Provided entries.
----
// What is known of the numbers that rules read.
ghost use Rattle.std.specs.Prelude.{◌≡◌, ◌+◌, ◌-◌, min, max, map};
ghost use Rattle.sg_described.specs.Described.{rule_of};
ghost use Rattle.sg_described.specs.Known.{between, bounds_after, is_give, is_wait, may_stop, never, never_applies, never_stands, operand_in, surely, surely_apart, surely_applies, surely_same, surely_stands, surely_stops, term_in, word_by, word_most};
ghost use Rattle.sg_described.specs.Meaning.{last_word};
ghost use Rattle.sg_described.specs.Walking.{carrier};
ghost use Rattle.sg_described.specs.sg_facts.Walks.{carries_arg};
ghost use Rattle.sg_known.specs.Seen.{args_in, fields_in, known_in, pairs_of, up_to};

use sg_described::{
    Bounds, Effect, FIRST_CLIENT, LAST_CLIENT, Operand, Relation, RuleShape, Term, Test, Verdict,
};

/// What is known of a call and its row.
#[derive(Debug, Drop)]
pub struct Seen<'a> {
    pub args: ArgsKnown<'a>,
    pub state: Bounds,
    pub fields: Vec<Bounds>,
}

/// What is known of the arguments of a call.
#[derive(Clone, Copy, Debug)]
pub enum ArgsKnown<'a> {
    /// Nothing.
    Any,
    /// Each is up to the greatest number of the field that carries it: effects, and the greatest numbers of fields.
    Carried(&'a [(u8, Effect)], &'a [u64]),
}

/// What is 0.
pub const ZERO: Bounds = Bounds { least: 0, most: 0 };

/// Any number of 64 bits.
pub const ANY: Bounds = Bounds {
    least: 0,
    most: u64::MAX,
};

// ---- operands and terms

/// A field up to its greatest number.
pub fn bounds_up_to(most: &[u64], field: u8) -> Bounds
    ensures { result ≡ up_to most.now field }
{
    match most.get(usize::from(field)) {
        Some(most) => Bounds {
            least: 0,
            most: *most,
        },
        None => ZERO,
    }
}

// Whether an effect carries an argument into its field.
fn carries(effect: Effect, at: u8) -> bool
    ensures { result ≡ carries_arg at effect }
{
    match effect {
        Effect::SetArg(other) | Effect::AddArg(other) => other == at,
        _ => false,
    }
}

// The field that carries an argument.
fn carrier(effects: &[(u8, Effect)], at: u8) -> Option<u8>
    ensures { result ≡ carrier (pairs_of effects.now) at }
{
    match effects {
        [] => None,
        [(field, effect), rest @ ..] => {
            if carries(*effect, at) {
                Some(*field)
            } else {
                carrier(rest, at)
            }
        }
    }
}

// What is known of an argument.
fn arg_bounds(args: ArgsKnown<'_>, at: u8) -> Bounds
    ensures { result ≡ args_in args.entry at }
{
    match args {
        ArgsKnown::Any => ANY,
        ArgsKnown::Carried(effects, most) => match carrier(effects, at) {
            Some(field) => bounds_up_to(most, field),
            None => ZERO,
        },
    }
}

/// What is known of a field.
pub fn field_bounds(fields: &[Bounds], at: u8) -> Bounds
    ensures { result ≡ fields_in fields.now at }
{
    match fields.get(usize::from(at)) {
        Some(bounds) => *bounds,
        None => ZERO,
    }
}

// What is known of an operand.
fn operand_bounds(seen: &Seen<'_>, operand: Operand) -> Bounds
    ensures { result ≡ operand_in (known_in seen.now) operand }
{
    match operand {
        Operand::Number(number) => Bounds {
            least: number,
            most: number,
        },
        Operand::Caller => Bounds {
            least: u64::from(FIRST_CLIENT),
            most: u64::from(LAST_CLIENT),
        },
        Operand::State => seen.state,
        Operand::Argument(at) => arg_bounds(seen.args, at),
        Operand::Own(at) => field_bounds(seen.fields.as_slice(), at),
    }
}

// What is known of a term.
fn term_bounds(seen: &Seen<'_>, term: Term) -> Bounds
    ensures { result ≡ term_in (known_in seen.now) term }
{
    match term {
        Term::Only(a) => operand_bounds(seen, a),
        Term::Plus(a, b) => sum(operand_bounds(seen, a), operand_bounds(seen, b)),
        Term::Minus(a, b) => difference(operand_bounds(seen, a), operand_bounds(seen, b)),
        Term::Least(a, b) => least(operand_bounds(seen, a), operand_bounds(seen, b)),
        Term::Greatest(a, b) => greatest(operand_bounds(seen, a), operand_bounds(seen, b)),
    }
}

// The sum of two numbers, at most the greatest of 64 bits.
fn sum(a: Bounds, b: Bounds) -> Bounds
    ensures { result ≡ between (min (a.least + b.least) last_word) (min (a.most + b.most) last_word) }
{
    Bounds {
        least: a.least.saturating_add(b.least),
        most: a.most.saturating_add(b.most),
    }
}

// The difference of two numbers, at least 0.
fn difference(a: Bounds, b: Bounds) -> Bounds
    ensures { result ≡ between (a.least - b.most) (a.most - b.least) }
{
    Bounds {
        least: a.least.saturating_sub(b.most),
        most: a.most.saturating_sub(b.least),
    }
}

// The least of two numbers.
fn least(a: Bounds, b: Bounds) -> Bounds
    ensures { result ≡ between (min a.least b.least) (min a.most b.most) }
{
    Bounds {
        least: a.least.min(b.least),
        most: a.most.min(b.most),
    }
}

// The greatest of two numbers.
fn greatest(a: Bounds, b: Bounds) -> Bounds
    ensures { result ≡ between (max a.least b.least) (max a.most b.most) }
{
    Bounds {
        least: a.least.max(b.least),
        most: a.most.max(b.most),
    }
}

// ---- tests

// Whether two numbers are surely one.
fn are_same(a: Bounds, b: Bounds) -> bool
    ensures { result ≡ surely_same a b }
{
    a.least == a.most && b.least == b.most && a.least == b.least
}

// Whether two numbers surely aren't one.
fn are_apart(a: Bounds, b: Bounds) -> bool
    ensures { result ≡ surely_apart a b }
{
    a.most < b.least || b.most < a.least
}

// Whether two numbers surely stand so to each other.
fn stand_surely(relation: Relation, a: Bounds, b: Bounds) -> bool
    ensures { result ≡ surely_stands relation a b }
{
    match relation {
        Relation::Is => are_same(a, b),
        Relation::IsNot => are_apart(a, b),
        Relation::Below => a.most < b.least,
        Relation::Above => b.most < a.least,
    }
}

// Whether they surely don't.
fn stand_never(relation: Relation, a: Bounds, b: Bounds) -> bool
    ensures { result ≡ never_stands relation a b }
{
    match relation {
        Relation::Is => are_apart(a, b),
        Relation::IsNot => are_same(a, b),
        Relation::Below => b.most <= a.least,
        Relation::Above => a.most <= b.least,
    }
}

// Whether a test surely holds.
fn holds_surely(seen: &Seen<'_>, test: &Test) -> bool
    ensures { result ≡ surely (known_in seen.now) test.now }
{
    stand_surely(
        test.relation,
        term_bounds(seen, test.left),
        term_bounds(seen, test.right),
    )
}

// Whether a test surely doesn't hold.
fn holds_never(seen: &Seen<'_>, test: &Test) -> bool
    ensures { result ≡ never (known_in seen.now) test.now }
{
    stand_never(
        test.relation,
        term_bounds(seen, test.left),
        term_bounds(seen, test.right),
    )
}

// ---- rules

/// Whether a rule surely applies.
pub fn applies_surely(seen: &Seen<'_>, rule: &RuleShape) -> bool
    ensures { result ≡ surely_applies (known_in seen.now) (rule_of rule.now) }
{
    rule.tests.iter().all(|test| holds_surely(seen, test))
}

/// Whether a rule surely doesn't apply.
pub fn applies_never(seen: &Seen<'_>, rule: &RuleShape) -> bool
    ensures { result ≡ never_applies (known_in seen.now) (rule_of rule.now) }
{
    rule.tests.iter().any(|test| holds_never(seen, test))
}

/// Whether a verdict is to wait.
pub fn waits(verdict: Verdict) -> bool
    ensures { result ≡ is_wait verdict }
{
    matches!(&verdict, Verdict::Wait)
}

// Whether a verdict gives a word.
fn gives(verdict: Verdict) -> bool
    ensures { result ≡ is_give verdict }
{
    matches!(&verdict, Verdict::Give(_))
}

/// Whether a rule may refuse or put off.
pub fn stops(seen: &Seen<'_>, rule: &RuleShape) -> bool
    ensures { result ≡ may_stop (known_in seen.now) (rule_of rule.now) }
{
    !gives(rule.verdict) && !applies_never(seen, rule)
}

/// Whether rules surely refuse or put off.
pub fn stop_surely(seen: &Seen<'_>, rules: &[RuleShape]) -> bool
    ensures { result ≡ surely_stops (known_in seen.now) (map rule_of rules.now) }
{
    match rules {
        [] => false,
        [first, rest @ ..] => {
            if gives(first.verdict) {
                applies_never(seen, first) && stop_surely(seen, rest)
            } else {
                applies_surely(seen, first) || stop_surely(seen, rest)
            }
        }
    }
}

// The greatest word that a verdict gives.
fn word_in(seen: &Seen<'_>, verdict: Verdict) -> u64
    ensures { result ≡ word_by (known_in seen.now) verdict }
{
    match verdict {
        Verdict::Give(term) => term_bounds(seen, term).most,
        Verdict::Refuse(_) | Verdict::Wait => 0,
    }
}

/// The greatest word that rules give.
pub fn greatest_word(seen: &Seen<'_>, rules: &[RuleShape]) -> u64
    ensures { result ≡ word_most (known_in seen.now) (map rule_of rules.now) }
{
    match rules {
        [] => 0,
        [first, rest @ ..] => word_in(seen, first.verdict).max(greatest_word(seen, rest)),
    }
}

// ---- effects

/// A field after the effect on it, or none.
pub fn bounds_after(effect: Option<Effect>, most: u64, bounds: Bounds) -> Bounds
    ensures { result ≡ bounds_after effect most bounds }
{
    match effect {
        None => bounds,
        Some(Effect::SetCaller) => Bounds {
            least: most.min(1),
            most: most.min(u64::from(LAST_CLIENT)),
        },
        Some(Effect::SetArg(_) | Effect::SetRet) => Bounds { least: 0, most },
        Some(Effect::AddArg(_) | Effect::AddRet) => Bounds {
            least: bounds.least,
            most,
        },
        Some(Effect::Clear) => ZERO,
        Some(Effect::SubOne) => Bounds {
            least: bounds.least.saturating_sub(1),
            most: bounds.most.saturating_sub(1),
        },
        Some(Effect::SubRet) => Bounds {
            least: 0,
            most: bounds.most,
        },
    }
}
----
Task instructions. Scan the listing above for the word "What" and show each line where it is found.

Result of the task.
// What is known of the numbers that rules read.
/// What is known of a call and its row.
/// What is known of the arguments of a call.
/// What is 0.
// What is known of an argument.
/// What is known of a field.
// What is known of an operand.
// What is known of a term.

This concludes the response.